With the release of 3.1, WatchTower expands to automatically monitor IP-based products from 1,200 vendors. In addition to databases, servers and network devices -- typical components that are monitored across a network -- WatchTower also keeps tabs on technologies in an extended IT infrastructure including IP-based video surveillance systems, point-of-sale systems; wireless access points; and RFID-based devices and equipment.

"WatchTower can discover, monitor and show if there are any performance/availability problems for anything with an IP address, said Jamie Lerner, Cittio's president and CEO. "There is a lot of expensive equipment outside the data center, and if any of it fails, it could be bad news for the business." Hence, the strategy behind offering a centralized monitoring tool that collects data on all components across an IT infrastructure and a single Web-based view accessible to both IT and the business.

A global command center
For about eight months, David Alexander, a network architect with a large aerospace manufacturing company, has used WatchTower, though he has yet to upgrade to 3.1. "The single-pane-of-glass view is very relevant to us," Alexander said. "From one location, we can look at various performance data and node availability status."

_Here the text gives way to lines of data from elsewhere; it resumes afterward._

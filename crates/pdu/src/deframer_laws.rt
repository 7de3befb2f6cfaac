//! Lemmas on the events of a stream of PDUs and on successive calls of a deframer, each stated as
//! the contract of a function with an empty body.
//!
//! A mark is what a byte of the stream completes: the head or the end of a PDU or of a presentation
//! data value. A token is a mark, or one byte of a body or of a fragment. A mark is due when the
//! bytes that complete it were read and no event has reported it.
ghost use Rattle.std.specs.Prelude.{◌≡◌, ◌++◌, [], ◌∷◌, ℕ, List, Option, Some, map};
ghost use Rattle.pdu.specs.declared.position.Position.{Position};
ghost use Rattle.pdu.specs.declared.event.Event.{Event};
ghost use Rattle.pdu.specs.Frames.{rest_of};
ghost use Rattle.pdu.specs.Marks.{Mark, new_marks};
ghost use Rattle.pdu.specs.Events.{Token, OfBody, OfFragment, ReportsMark, tokens, marks_among};
ghost use Rattle.pdu.specs.Deframing.{At, Consumed, Skip};
ghost use Rattle.pdu.specs.Steps.{skip_of};
ghost use Rattle.pdu.specs.Calls.{Calls, CallsReportAll};
ghost use Rattle.pdu.specs.Examples.{release_twice, release_twice_tokens, one_value, one_value_tokens};

/// The tokens of a stream contain its marks, each once and in order.
pub fn tokens_have_the_marks()
    ensures { (s p : List ℕ) → marks_among (tokens s p) ≡ new_marks s p }
{}

/// The tokens of a stream do not depend on how it is divided into chunks. Those of a chunk depend
/// only on the unfinished PDU before it.
pub fn tokens_do_not_show_the_cut()
    ensures both { (s p q : List ℕ) → tokens s (p ++ q) ≡ tokens s p ++ tokens (s ++ p) q }
    ensures rest { (s p : List ℕ) → tokens s p ≡ tokens (rest_of s) p }
{}

/// Examples: the bytes of a body are between the head and the end of its PDU, and those of a
/// fragment between the head and the end of its presentation data value.
pub fn bytes_are_lent_between_marks()
    ensures bodies { tokens [] release_twice ≡ release_twice_tokens }
    ensures fragments { tokens [] one_value ≡ one_value_tokens }
{}

/// The calls of a deframer that read a chunk, however they divide it, report the marks that were
/// due before and the tokens of the chunk, except the marks that are due afterwards. If no mark is
/// due before or after, they report exactly the tokens of the chunk.
pub fn calls_report_the_stream()
    ensures all { CallsReportAll }
    ensures tokens { (r piece : List ℕ) (reported : List Token) → Calls r [] piece reported [] → reported ≡ tokens r piece }
    ensures marks { (r piece : List ℕ) (reported : List Token) → Calls r [] piece reported [] → marks_among reported ≡ new_marks r piece }
{}

/// The marks due before a call and those that its bytes complete are the marks that the call
/// reports and those due after it. A call reports one mark, or none if its event has bytes of a
/// body or a fragment.
pub fn a_call_reports_marks()
    ensures consumed { (new : Position) (r : List ℕ) (due : List Mark) (c : List ℕ) (e : Option Event) → (t : Consumed new r due c e) → due ++ new_marks r c ≡ marks_among t.reported ++ t.later }
    ensures one { (new : Position) (r : List ℕ) (due : List Mark) (c : List ℕ) (e : Event) → (t : Consumed new r due c (Some e)) → (m : ReportsMark e t.reported) → due ++ new_marks r c ≡ m.mark ∷ t.later }
    ensures bodies { (bytes : List ℕ) → marks_among (map OfBody bytes) ≡ [] }
    ensures fragments { (bytes : List ℕ) → marks_among (map OfFragment bytes) ≡ [] }
{}

/// After [`Deframer::skip_frame`](crate::Deframer::skip_frame) only the end of the PDU is still
/// reported. The other marks that were due are those of presentation data values inside the PDU.
pub fn a_skipped_pdu_has_its_end()
    ensures { (q : Position) (r : List ℕ) (due : List Mark) → At q r due → Skip (skip_of q) r due }
{}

Alexander said that his company has numerous devices and currently uses WatchTower to monitor network devices, terminals and firewall systems. Alexander plans to bring the company's surveillance system online in the near future. "We have 20,000 physical devices, so it will take us some time to monitor everything."
The single-pane-of-glass view is very relevant to us.
David Alexander,
network architect, aearospace manufacturing

But Alexander said that time to implement was a major reason that his company chose to migrate from HP OpenView to WatchTower. "After two years of trying to implement OpenView, we had more data in WatchTower after two months," he said. "WatchTower is also cheaper than OpenView, and the company was much more willing to work with us."

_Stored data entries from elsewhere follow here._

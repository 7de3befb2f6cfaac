//! Counts and numbers the data sets of a quarantine.
ghost use Rattle.std.specs.Prelude.{◌≡◌, ◌≤◌, ◌<◌, ◌+◌, ◌-◌, ◌↔◌, IfSome, IsSome, IsTrue};

/// The greatest number of a data set in a quarantine.
const GREATEST: u32 = 999_999;

/// How many data sets a quarantine has, how many it may have, and the last number given.
#[derive(Clone, Copy, Debug, PartialEq, Eq)]
pub(crate) struct Occupancy {
    /// The greatest number of data sets.
    pub(crate) most: u32,
    /// How many data sets are kept.
    pub(crate) kept: u32,
    /// How many drafts were moved there and are neither kept nor removed yet.
    pub(crate) pending: u32,
    /// The greatest number that was found or given.
    pub(crate) last: u32,
}

impl Occupancy {
    /// Counts one more pending draft, under the next number. Returns `None` if the quarantine is
    /// full or all numbers are in use.
    pub(crate) fn with_pending(self) -> Option<Occupancy>
        ensures next { IfSome result (λ new. new ≡ record self { pending = self.pending + 1; last = self.last + 1 }) }
        ensures most { IfSome result (λ new. new.kept + new.pending ≤ self.most) }
        ensures number { IfSome result (λ new. new.last ≤ 999999) }
        ensures some { self.kept + self.pending < self.most → self.last < 999999 → IsSome result }
    {
        let used = u64::from(self.kept) + u64::from(self.pending);
        if used >= u64::from(self.most) || self.last >= GREATEST {
            return None;
        }
        Some(Occupancy {
            pending: self.pending + 1,
            last: self.last + 1,
            ..self
        })
    }

    /// Counts a pending draft as kept.
    pub(crate) fn with_kept(self) -> Occupancy
        ensures { 0 < self.pending → self.kept + self.pending ≤ self.most → result ≡ record self { kept = self.kept + 1; pending = self.pending - 1 } }
    {
        Occupancy {
            kept: self.kept.saturating_add(1),
            pending: self.pending.saturating_sub(1),
            ..self
        }
    }

    /// Removes a pending draft from the count.
    pub(crate) fn without_pending(self) -> Occupancy
        ensures { result ≡ record self { pending = self.pending - 1 } }
    {
        let pending = self.pending.saturating_sub(1);
        Occupancy { pending, ..self }
    }

    /// Returns the state after this many data sets were found, with this greatest number. No number
    /// is given again.
    pub(crate) fn counted(self, kept: u32, last: u32) -> Occupancy
        ensures kept { result.kept ≡ kept }
        ensures same { (result.most ≡ self.most) × (result.pending ≡ self.pending) }
        ensures rises { self.last ≤ result.last }
        ensures found { last ≤ result.last }
    {
        Occupancy {
            kept,
            last: self.last.max(last),
            ..self
        }
    }

    /// Returns whether as many data sets are kept as allowed.
    pub(crate) fn is_full(self) -> bool
        ensures { IsTrue result ↔ (self.most ≤ self.kept) }
    {
        self.kept >= self.most
    }
}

Dennis Drogseth, a senior analyst at advisory firm Enterprise Management Associates, singles out WatchTower's inclusion of surveillance camera monitoring. "There is a slowly evolving trend in the industry to extend IT functionality to support utilities, transport and physical security systems, along, of course, with the green-IT notion of monitoring heating and power usage," he said, adding that "IT systems may take on more of a 'global corporate control center" role over time." As such, monitoring as much of the IT infrastructure as possible will be an important requirement.

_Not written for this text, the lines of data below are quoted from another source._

//! The log lines about the presentation contexts of a request.
use crate::accepted::Accepted;
use crate::end::End;
use crate::event::{Event, Value, known, shown};
use crate::events;
use crate::journal::Journal;
use crate::refused::{RefusedClasses, shown_class, shown_syntax};
use crate::request::{Title, body_of};
use crate::state::{Phase, State};
use crate::text::Text;
use crate::words::context_words;
use arrayvec::ArrayVec;
use folder_filing::StoredFile;
use log::{Level, Log};
use negotiate::{Answer, compact, result_of};
use pdu::{Proposal, Request, read_request};
use service::Consumed;
use std::rt::Files;
use std::time::Clock;

/// Returns the transfer syntaxes of a proposed context by keyword, or by UID if they have none.
fn shown_syntaxes(proposal: &Proposal) -> Text<300> {
    let mut syntaxes = Text::new();
    for uid in proposal.transfer_syntaxes() {
        if syntaxes.len() > 0 {
            syntaxes.add(b" ");
        }
        syntaxes.add(shown_syntax(uid).as_str().as_bytes());
    }
    syntaxes
}

impl<R: Log + Clock, S: Files + Alloc + Clone + Drop> Journal<'_, R, S>
where
    S::File: StoredFile,
{
    /// Records the answer to the request, the first PDU received, and its contexts.
    pub(crate) fn judge(&self, state: &mut State, answer: Answer, consumed: &Consumed<'_>) {
        let is_accepted = answer == Answer::Accept;
        if is_accepted {
            state.phase = Phase::Established;
        }
        let Ok(request) = read_request(body_of(consumed)) else {
            return;
        };
        state.maximum = Some(request.maximum());
        state.proposed = 0;
        for _ in request.contexts() {
            state.proposed = state.proposed.saturating_add(1);
        }
        if is_accepted {
            self.accept(state, &request);
        }
    }

    /// Records the contexts of an accepted request, and counts those that were not accepted. Logs
    /// the classes of which none was, and at level trace each that was not.
    fn accept(&self, state: &mut State, request: &Request) {
        let mut rows = ArrayVec::new();
        compact(self.config, request, &mut rows);
        let accepted = Accepted::of(rows.as_slice());
        if self.logger.reports(Level::Trace) {
            self.report_refused(request, &accepted);
        }
        if let Some(metrics) = self.logger.metrics() {
            metrics.count_refused_contexts(state.proposed.saturating_sub(rows.len() as u64));
        }
        state.accepted = rows;
        let (refused, in_part) = RefusedClasses::of(self.config, request, &accepted);
        state.refused_in_part = in_part;
        let level = if refused.has_storage {
            Level::Warn
        } else {
            Level::Info
        };
        if !refused.is_empty() && self.has_lines(state, level) {
            let event = Event {
                level,
                ..events::CLASSES_REFUSED
            };
            self.report_classes(event, &refused, &state.calling);
        }
    }

    fn report_classes(&self, event: Event, refused: &RefusedClasses, calling: &Title) {
        let others = match refused.others {
            0 => Value::Absent,
            others => Value::Number(others),
        };
        self.logger.report(
            event,
            &[Value::List(refused.named.as_str()), others, known(calling)],
        );
    }

    /// Logs the storage classes that were accepted in some transfer syntaxes only, if the peer
    /// asked for no store or aborted the association, perhaps for that reason.
    pub(crate) fn report_unused(&self, state: &mut State) {
        let is_unused = state.counts.asked == 0 || matches!(state.end, Some(End::AbortedByPeer(_)));
        if is_unused && !state.refused_in_part.is_empty() && self.has_lines(state, Level::Warn) {
            let refused = &state.refused_in_part;
            self.report_classes(events::SYNTAXES_REFUSED, refused, &state.calling);
        }
    }

    /// Logs each context that was not accepted.
    fn report_refused(&self, request: &Request, accepted: &Accepted) {
        for proposal in request.contexts() {
            if !accepted.has(proposal.id()) {
                self.logger.report(
                    events::CONTEXT_REFUSED,
                    &[
                        Value::Number(u64::from(proposal.id())),
                        shown(context_words(result_of(self.config, &proposal))),
                        shown(shown_class(proposal.abstract_syntax())),
                        Value::Text(shown_syntaxes(&proposal).as_str()),
                    ],
                );
            }
        }
    }
}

Zeroing in on larger data centers
Some of the new features in the 3.1 version that are aimed specifically at the enterprise include a database monitoring add-on module based on centralized, agentless technology; root-cause analysis; automatic network topology discovery and mapping; and integration with eIQnetworks Inc.'s SecureVue and Enterprise Security Analyzer products to enable collaboration among multiple network operation centers.

WatchTower is also geared for an enterprise with a distributed IT infrastructure given its a performance management database or PMDB. "Data pertaining to latency issues, service level agreements, bandwidth, outages and so on can be put into a centralized warehouse or PMDB," Lerner said. "Then you can use Crystal Reports [from Business Objects] to create reports for the line of business executives." Drogseth thinks that Cittio's latest release is a solid monitoring tool that will resonate with many large companies. "WatchTower is a well-thought-out design point that provides strong capabilities for integrated functionality that make it comparatively easy to deploy and administer," he said. WatchTower's cohesive code set stands in contrast to other monitoring frameworks that have been cobbled together from acquisitions, he added.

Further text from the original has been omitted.